Looking at the above PDE shows the following are all the terms with \(\{x, y\}\) in them.

\[ \{x, y, {\mathrm e}^{-2 \operatorname {LambertW}\left (x \,{\mathrm e}^{-a y -b}\right )-2 a y -2 b}, {\mathrm e}^{-\operatorname {LambertW}\left (x \,{\mathrm e}^{-a y -b}\right )-a y -b}, {\mathrm e}^{-a y -b}, \operatorname {LambertW}\left (x \,{\mathrm e}^{-a y -b}\right )\} \]
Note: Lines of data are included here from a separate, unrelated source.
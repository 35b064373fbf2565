//! The promises over many lives of one disk.
//! A law runs nothing, and tells the prover a fact: `content_determines_state`.
ghost use Rattle.std.specs.Prelude.{◌≡◌, ◌⊎◌, ℕ, List, None, Some, Ok, Result};
ghost use Rattle.board_model.specs.Durable.{DurableState, Image, Change, Suspend, Consume, formatted, refusal_of, after, fold};
ghost use Rattle.board_model.specs.Shapes.{Size};
ghost use Rattle.board_model.specs.declared.refusal.Refusal.{Refusal};
ghost use Rattle.disk.specs.Facts.{Content, LeavesSince};
ghost use Rattle.hart.specs.State.{ArchState as HartState};
ghost use Rattle.susp.specs.Wakes.{IsWoken};
ghost use Rattle.store.specs.Follows.{FitsBoard};
ghost use Rattle.store.specs.Leaves.{Leaves, LeavesOnly, LeavesEither, StandsForEither};
ghost use Rattle.store.specs.Lives.{Life, now_of, begun, Reaches, Applied, Suspended};
ghost use Rattle.store.specs.Standing.{StandsFor};
ghost use Rattle.theorem.specs.Events.{Event, WasOpened, WasAcknowledged, WasDoubtful, WasResumed, World, new_world, Finds, Happens, Runs, Rises, event_of, IsLived, Leads};
ghost use Rattle.theorem.specs.Histories.{AnswersOnce, EndsCommands, HaveNoOpen, HaveNoCommand};

use disk::Disk;
use store::content_determines_state;

/// *After a prefix of the commands, .. never resumed again.* Over all lives of a disk, whatever happens to it: the
/// state is what the kept commands make of the formatted one, and the serials of the images that were resumed rise
/// strictly. What the calls of a store tell are such events: [`opens_are_such_events`], [`commands_are_such_events`] and
/// [`wakes_are_such_events`].
pub fn lives()
    ensures prefix { (events : List Event) (w : World) → Runs new_world events w → w.state ≡ fold formatted w.kept }
    ensures never_again { (events : List Event) (w : World) → Runs new_world events w → Rises w.resumed }
{}

/// Whatever a crash leaves of a life in which no command is in doubt (`up`), of one in which one is (`down`), or of one in
/// whose command power failed (`under_way`), an open finds what the events let it find. By that a life begins (`begins`).
pub fn opens_are_such_events<D: Disk>()
    ensures up { (w : World) (life : Life) (disk : D) (size z : Size) (s : DurableState) → IsLived w life
        → life.doubt ≡ None → LeavesOnly (D.facts disk) size (now_of life)
        → Leaves (D.facts disk) z s → (kept : List Change) × Finds w s kept }
    ensures down { (w : World) (life : Life) (c : Change) (disk : D) (size z : Size) (s : DurableState) → IsLived w life
        → life.doubt ≡ Some c → LeavesEither (D.facts disk) size (now_of life) (after (now_of life) c)
        → Leaves (D.facts disk) z s → (kept : List Change) × Finds w s kept }
    ensures under_way { (w : World) (life : Life) (c : Change) (old new : D) (left : Content) (size z : Size)
        (s : DurableState) → IsLived w life → life.doubt ≡ None → Reaches life c
        → LeavesSince (D.facts old) (D.facts new) (StandsForEither size (now_of life) (after (now_of life) c))
        → (D.facts new).since (D.facts old).moment left → StandsFor left z s
        → (v : World) × Happens w (WasDoubtful c) v × ((kept : List Change) × Finds v s kept) }
    ensures begins { (w : World) (s : DurableState) (kept : List Change) → Finds w s kept
        → Leads w (WasOpened s) (begun s) }
{
    content_determines_state();
}

/// What a store answers to a command (`Applied`) or a suspension (`Suspended`), where none is in doubt, is the event of that
/// answer.
pub fn commands_are_such_events()
    ensures applied { (w : World) (old new : Life) (c : Change) (result : Result ℕ Refusal) → IsLived w old
        → old.doubt ≡ None → Applied old c result new → Leads w (event_of c result) new }
    ensures suspended { (w : World) (old new : Life) (size : Size) (hart address opaque : ℕ) (memory : List ℕ)
        (result : Result ℕ Refusal) → IsLived w old → old.doubt ≡ None
        → Suspended (FitsBoard size memory hart address) old (Suspend hart address opaque memory) result new
        → Leads w (event_of (Suspend hart address opaque memory) result) new }
{}

/// A wake from an image is two events: its Consume was acknowledged, which drops the image, and then its hart is resumed. So
/// no board is resumed but after an acknowledged Consume of its own image.
pub fn wakes_are_such_events()
    ensures { (w : World) (old new : Life) (n : ℕ) (memory : List ℕ) (hart : HartState) → IsLived w old
        → old.doubt ≡ None → IsWoken (now_of old) memory hart → Applied old Consume (Ok n) new
        → (i : Image) × ((now_of old).image ≡ Some i) × (hart.id ≡ i.hart) × (u v : World)
        × Happens w (WasAcknowledged Consume) u × Happens u (WasResumed i.serial) v × IsLived v new }
{}

/// What a list of events cannot hold.
///
/// - `answers`: a hart of an image is answered only after the Consume that dropped this image was acknowledged, in the same
///   life, and once.
/// - `taken`: a command that the table of commands refuses is neither acknowledged nor in doubt.
/// - `ended`: after a command in doubt, after a reset or a suspension that was acknowledged, and after a cut, no command goes
///   to the disk until the next open.
pub fn events_in_order()
    ensures answers { (events : List Event) (w v : World) (n : ℕ) → Runs new_world events w
        → Happens w (WasResumed n) v → AnswersOnce events n }
    ensures taken { (w v : World) (c : Change) → Happens w (WasAcknowledged c) v ⊎ Happens w (WasDoubtful c) v
        → refusal_of w.state c ≡ None }
    ensures ended { (w v u : World) (e : Event) (events : List Event) → EndsCommands e → Happens w e v
        → Runs v events u → HaveNoOpen events → HaveNoCommand events }
{}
The following substitution is now made to be able to collect on all terms with \(\{x, y\}\) in them

\[ \{x = v_{1}, y = v_{2}, {\mathrm e}^{-2 \operatorname {LambertW}\left (x \,{\mathrm e}^{-a y -b}\right )-2 a y -2 b} = v_{3}, {\mathrm e}^{-\operatorname {LambertW}\left (x \,{\mathrm e}^{-a y -b}\right )-a y -b} = v_{4}, {\mathrm e}^{-a y -b} = v_{5}, \operatorname {LambertW}\left (x \,{\mathrm e}^{-a y -b}\right ) = v_{6}\} \]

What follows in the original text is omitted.